INSTRUCTIONS FOR THE TASK — The full data, repeated exactly, is the only answer needed.

Records from a dataset —
ghost use Rattle.std.specs.Prelude.{◌≡◌, ◌≤◌, ◌++◌, true, flat_map, length, IfOk, Ok, OnOk};
ghost use Rattle.std.specs.List.{list_all};
ghost use Rattle.cs_plan.specs.JobNames.{command_name, identifier_of};
ghost use Rattle.cs_history.specs.Step.{is_civil};
ghost use Rattle.cs_report.specs.Faults.{MeansPlain};
ghost use Rattle.cs_report.specs.ReadBack.{tells_command, tells_event, tells_job};
ghost use Rattle.cs_report.specs.ScriptText.{at_minute, event_line};
ghost use Rattle.cs_report.specs.ScriptText.{event_text, is_cron_name};
ghost use Rattle.cs_report.specs.ScriptText.{is_job_name, is_nameable, is_nameable_event};
ghost use Rattle.cs_report.specs.ScriptText.{job_name, on_day, script_text};
ghost use Rattle.cs_report.specs.ScriptText.{stamp_line, stamp_lines, start_line};

use crate::nameable::is_cron;
use crate::script::MAX_SCRIPT;
use cs_anacrontab::Job;
use cs_civil::{Bytes, Day, Minute, date_text, day_text, push_number};
use cs_history::{Event, Script, Start};
use cs_plan::{Plan, identifier_of};
use std::alloc::{AllocError, Global};

fn push_minute(text: &mut Vec<u8>, at: u64) -> Result<(), AllocError>
    requires { is_civil at ≡ true }
    ensures { OnOk result (text.new.items ≡ text.old.items ++ at_minute at) }
{
    let minute = Minute::new(at).unwrap();
    text.push(b' ')?;
    text.extend_from_slice(&date_text(minute))
}

#[tactic(auto, unfolding(cs_plan::specs::JobNames::command_name))]
fn push_command(alloc: Global, text: &mut Vec<u8>, plan: &Plan, job: u16) -> Result<(), AllocError>
    requires { is_cron_name plan.now job ≡ true }
    ensures value { OnOk result (text.new.items ≡ text.old.items ++ command_name plan.now job) }
    ensures tells { OnOk result (tells_command plan.now job ≡ true) }
{
    let number = plan.crontab().lines()[usize::from(job)].number();
    text.extend_from_slice(b"line ")?;
    push_number(alloc, text, u128::from(number))
}

fn push_identifier(text: &mut Vec<u8>, plan: &Plan, job: u16) -> Result<(), AllocError>
    ensures { OnOk result (text.new.items ≡ text.old.items ++ identifier_of plan.now job) }
{
    text.extend_from_slice(identifier_of(plan, usize::from(job)))
}

#[tactic(auto, unfolding(crate::specs::ScriptText::job_name), using(crate::proofs::NamedJobs::anacron_else))]
fn push_job(alloc: Global, text: &mut Vec<u8>, plan: &Plan, job: u16) -> Result<(), AllocError>
    requires { is_job_name plan.now job ≡ true }
    ensures value { OnOk result (text.new.items ≡ text.old.items ++ job_name plan.now job) }
    ensures tells { OnOk result (tells_job plan.now job ≡ true) }
{
    if is_cron(plan, job) {
        return push_command(alloc, text, plan, job);
    }
    text.extend_from_slice(b"job ")?;
    push_identifier(text, plan, job)
}

fn push_event(
    alloc: Global,
    text: &mut Vec<u8>,
    plan: &Plan,
    event: Event,
) -> Result<(), AllocError>
    requires { is_nameable_event plan.now event ≡ true }
    ensures value { OnOk result (text.new.items ≡ text.old.items ++ event_text plan.now event) }
    ensures tells { OnOk result (tells_event plan.now event ≡ true) }
{
    match event {
        Event::Minute(at) => {
            text.extend_from_slice(b"minute")?;
            push_minute(text, at)
        }
        Event::Begin(job) => {
            text.extend_from_slice(b"begin ")?;
            push_command(alloc, text, plan, job)
        }
        Event::Got(job, at) => {
            text.extend_from_slice(b"got ")?;
            push_command(alloc, text, plan, job)?;
            push_minute(text, at)
        }
        Event::Catch(job) => {
            text.extend_from_slice(b"catch ")?;
            push_identifier(text, plan, job)
        }
        Event::End(run) => {
            text.extend_from_slice(b"end ")?;
            push_job(alloc, text, plan, run.job)?;
            push_minute(text, run.at)
        }
        Event::Down => text.extend_from_slice(b"down"),
        Event::Up(at) => {
            text.extend_from_slice(b"up")?;
            push_minute(text, at)
        }
    }
}

fn push_events(
    alloc: Global,
    text: &mut Vec<u8>,
    plan: &Plan,
    events: &[Event],
) -> Result<(), AllocError>
    requires { list_all (is_nameable_event plan.now) events.now ≡ true }
    ensures value { OnOk result
        (text.new.items ≡ text.old.items ++ flat_map (event_line plan.now) events.now) }
    ensures tells { OnOk result (list_all (tells_event plan.now) events.now ≡ true) }
{
    for event in events {
        push_event(alloc, text, plan, *event)?;
        text.push(b'\n')?;
    }
    Ok(())
}

fn push_day(text: &mut Vec<u8>, day: Day) -> Result<(), AllocError>
    ensures { OnOk result (text.new.items ≡ text.old.items ++ on_day day) }
{
    text.push(b' ')?;
    text.extend_from_slice(&day_text(day))
}

fn push_stamp(text: &mut Vec<u8>, job: &Job, stamp: Option<Day>) -> Result<(), AllocError>
    ensures { OnOk result (text.new.items ≡ text.old.items ++ stamp_line job.now stamp) }
{
    let Some(day) = stamp else {
        return Ok(());
    };
    text.extend_from_slice(b"stamp ")?;
    text.extend_from_slice(job.identifier())?;
    push_day(text, day)?;
    text.extend_from_slice(b"\n")
}

#[tactic(auto, unfolding(crate::specs::ScriptText::stamp_lines))]
fn push_stamps(text: &mut Vec<u8>, jobs: &[Job], stamps: &[Option<Day>]) -> Result<(), AllocError>
    ensures { OnOk result (text.new.items ≡ text.old.items ++ stamp_lines jobs.now stamps.now) }
{
    let mut jobs = jobs;
    let mut stamps = stamps;
    while let [job, more_jobs @ ..] = jobs {
        let [stamp, more_stamps @ ..] = stamps else {
            return Ok(());
        };
        push_stamp(text, job, *stamp)?;
        jobs = more_jobs;
        stamps = more_stamps;
    }
    Ok(())
}

fn push_start(text: &mut Vec<u8>, start: &Start) -> Result<(), AllocError>
    ensures { OnOk result (text.new.items ≡ text.old.items ++ start_line start.now) }
{
    text.extend_from_slice(b"start ")?;
    text.extend_from_slice(&date_text(start.now()))?;
    if start.is_up() {
        text.extend_from_slice(b" up\n")
    } else {
        text.extend_from_slice(b" down\n")
    }
}

/// Formats a script that is [`is_nameable`](crate::is_nameable): a line each for the start, its
/// stamps and the events. [`read_script`](crate::read_script) returns the same script if the text
/// isn't too long.
#[tactic(auto, unfolding(crate::specs::ScriptText::script_text), using(crate::proofs::NamedJobs::events_nameable, crate::proofs::BackScript::reads_back))]
pub fn script_text(alloc: Global, plan: &Plan, script: &Script) -> Result<Bytes, AllocError>
    requires { is_nameable plan.now script.now ≡ true }
    ensures value { IfOk result (λ text. text ≡ script_text plan.now script.now) }
    ensures means { IfOk result (λ text.
        length text ≤ MAX_SCRIPT → MeansPlain plan.now text (Ok script.now)) }
{
    let mut text = Vec::new(alloc);
    push_start(&mut text, &script.start)?;
    push_stamps(&mut text, plan.anacrontab().lines(), script.start.stamps())?;
    push_events(alloc, &mut text, plan, script.events.as_slice())?;
    Ok(Bytes::from_vec(text))
}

SOLUTION FOR THIS TASK —
ghost use Rattle.std.specs.Prelude.{◌≡◌, ◌≤◌, ◌++◌, true, flat_map, length, IfOk, Ok, OnOk};
ghost use Rattle.std.specs.List.{list_all};
ghost use Rattle.cs_plan.specs.JobNames.{command_name, identifier_of};
ghost use Rattle.cs_history.specs.Step.{is_civil};
ghost use Rattle.cs_report.specs.Faults.{MeansPlain};
ghost use Rattle.cs_report.specs.ReadBack.{tells_command, tells_event, tells_job};
ghost use Rattle.cs_report.specs.ScriptText.{at_minute, event_line};
ghost use Rattle.cs_report.specs.ScriptText.{event_text, is_cron_name};
ghost use Rattle.cs_report.specs.ScriptText.{is_job_name, is_nameable, is_nameable_event};
ghost use Rattle.cs_report.specs.ScriptText.{job_name, on_day, script_text};
ghost use Rattle.cs_report.specs.ScriptText.{stamp_line, stamp_lines, start_line};

use crate::nameable::is_cron;
use crate::script::MAX_SCRIPT;
use cs_anacrontab::Job;
use cs_civil::{Bytes, Day, Minute, date_text, day_text, push_number};
use cs_history::{Event, Script, Start};
use cs_plan::{Plan, identifier_of};
use std::alloc::{AllocError, Global};

fn push_minute(text: &mut Vec<u8>, at: u64) -> Result<(), AllocError>
    requires { is_civil at ≡ true }
    ensures { OnOk result (text.new.items ≡ text.old.items ++ at_minute at) }
{
    let minute = Minute::new(at).unwrap();
    text.push(b' ')?;
    text.extend_from_slice(&date_text(minute))
}

#[tactic(auto, unfolding(cs_plan::specs::JobNames::command_name))]
fn push_command(alloc: Global, text: &mut Vec<u8>, plan: &Plan, job: u16) -> Result<(), AllocError>
    requires { is_cron_name plan.now job ≡ true }
    ensures value { OnOk result (text.new.items ≡ text.old.items ++ command_name plan.now job) }
    ensures tells { OnOk result (tells_command plan.now job ≡ true) }
{
    let number = plan.crontab().lines()[usize::from(job)].number();
    text.extend_from_slice(b"line ")?;
    push_number(alloc, text, u128::from(number))
}

fn push_identifier(text: &mut Vec<u8>, plan: &Plan, job: u16) -> Result<(), AllocError>
    ensures { OnOk result (text.new.items ≡ text.old.items ++ identifier_of plan.now job) }
{
    text.extend_from_slice(identifier_of(plan, usize::from(job)))
}

#[tactic(auto, unfolding(crate::specs::ScriptText::job_name), using(crate::proofs::NamedJobs::anacron_else))]
fn push_job(alloc: Global, text: &mut Vec<u8>, plan: &Plan, job: u16) -> Result<(), AllocError>
    requires { is_job_name plan.now job ≡ true }
    ensures value { OnOk result (text.new.items ≡ text.old.items ++ job_name plan.now job) }
    ensures tells { OnOk result (tells_job plan.now job ≡ true) }
{
    if is_cron(plan, job) {
        return push_command(alloc, text, plan, job);
    }
    text.extend_from_slice(b"job ")?;
    push_identifier(text, plan, job)
}

fn push_event(
    alloc: Global,
    text: &mut Vec<u8>,
    plan: &Plan,
    event: Event,
) -> Result<(), AllocError>
    requires { is_nameable_event plan.now event ≡ true }
    ensures value { OnOk result (text.new.items ≡ text.old.items ++ event_text plan.now event) }
    ensures tells { OnOk result (tells_event plan.now event ≡ true) }
{
    match event {
        Event::Minute(at) => {
            text.extend_from_slice(b"minute")?;
            push_minute(text, at)
        }
        Event::Begin(job) => {
            text.extend_from_slice(b"begin ")?;
            push_command(alloc, text, plan, job)
        }
        Event::Got(job, at) => {
            text.extend_from_slice(b"got ")?;
            push_command(alloc, text, plan, job)?;
            push_minute(text, at)
        }
        Event::Catch(job) => {
            text.extend_from_slice(b"catch ")?;
            push_identifier(text, plan, job)
        }
        Event::End(run) => {
            text.extend_from_slice(b"end ")?;
            push_job(alloc, text, plan, run.job)?;
            push_minute(text, run.at)
        }
        Event::Down => text.extend_from_slice(b"down"),
        Event::Up(at) => {
            text.extend_from_slice(b"up")?;
            push_minute(text, at)
        }
    }
}

fn push_events(
    alloc: Global,
    text: &mut Vec<u8>,
    plan: &Plan,
    events: &[Event],
) -> Result<(), AllocError>
    requires { list_all (is_nameable_event plan.now) events.now ≡ true }
    ensures value { OnOk result
        (text.new.items ≡ text.old.items ++ flat_map (event_line plan.now) events.now) }
    ensures tells { OnOk result (list_all (tells_event plan.now) events.now ≡ true) }
{
    for event in events {
        push_event(alloc, text, plan, *event)?;
        text.push(b'\n')?;
    }
    Ok(())
}

fn push_day(text: &mut Vec<u8>, day: Day) -> Result<(), AllocError>
    ensures { OnOk result (text.new.items ≡ text.old.items ++ on_day day) }
{
    text.push(b' ')?;
    text.extend_from_slice(&day_text(day))
}

fn push_stamp(text: &mut Vec<u8>, job: &Job, stamp: Option<Day>) -> Result<(), AllocError>
    ensures { OnOk result (text.new.items ≡ text.old.items ++ stamp_line job.now stamp) }
{
    let Some(day) = stamp else {
        return Ok(());
    };
    text.extend_from_slice(b"stamp ")?;
    text.extend_from_slice(job.identifier())?;
    push_day(text, day)?;
    text.extend_from_slice(b"\n")
}

#[tactic(auto, unfolding(crate::specs::ScriptText::stamp_lines))]
fn push_stamps(text: &mut Vec<u8>, jobs: &[Job], stamps: &[Option<Day>]) -> Result<(), AllocError>
    ensures { OnOk result (text.new.items ≡ text.old.items ++ stamp_lines jobs.now stamps.now) }
{
    let mut jobs = jobs;
    let mut stamps = stamps;
    while let [job, more_jobs @ ..] = jobs {
        let [stamp, more_stamps @ ..] = stamps else {
            return Ok(());
        };
        push_stamp(text, job, *stamp)?;
        jobs = more_jobs;
        stamps = more_stamps;
    }
    Ok(())
}

fn push_start(text: &mut Vec<u8>, start: &Start) -> Result<(), AllocError>
    ensures { OnOk result (text.new.items ≡ text.old.items ++ start_line start.now) }
{
    text.extend_from_slice(b"start ")?;
    text.extend_from_slice(&date_text(start.now()))?;
    if start.is_up() {
        text.extend_from_slice(b" up\n")
    } else {
        text.extend_from_slice(b" down\n")
    }
}

/// Formats a script that is [`is_nameable`](crate::is_nameable): a line each for the start, its
/// stamps and the events. [`read_script`](crate::read_script) returns the same script if the text
/// isn't too long.
#[tactic(auto, unfolding(crate::specs::ScriptText::script_text), using(crate::proofs::NamedJobs::events_nameable, crate::proofs::BackScript::reads_back))]
pub fn script_text(alloc: Global, plan: &Plan, script: &Script) -> Result<Bytes, AllocError>
    requires { is_nameable plan.now script.now ≡ true }
    ensures value { IfOk result (λ text. text ≡ script_text plan.now script.now) }
    ensures means { IfOk result (λ text.
        length text ≤ MAX_SCRIPT → MeansPlain plan.now text (Ok script.now)) }
{
    let mut text = Vec::new(alloc);
    push_start(&mut text, &script.start)?;
    push_stamps(&mut text, plan.anacrontab().lines(), script.start.stamps())?;
    push_events(alloc, &mut text, plan, script.events.as_slice())?;
    Ok(Bytes::from_vec(text))
}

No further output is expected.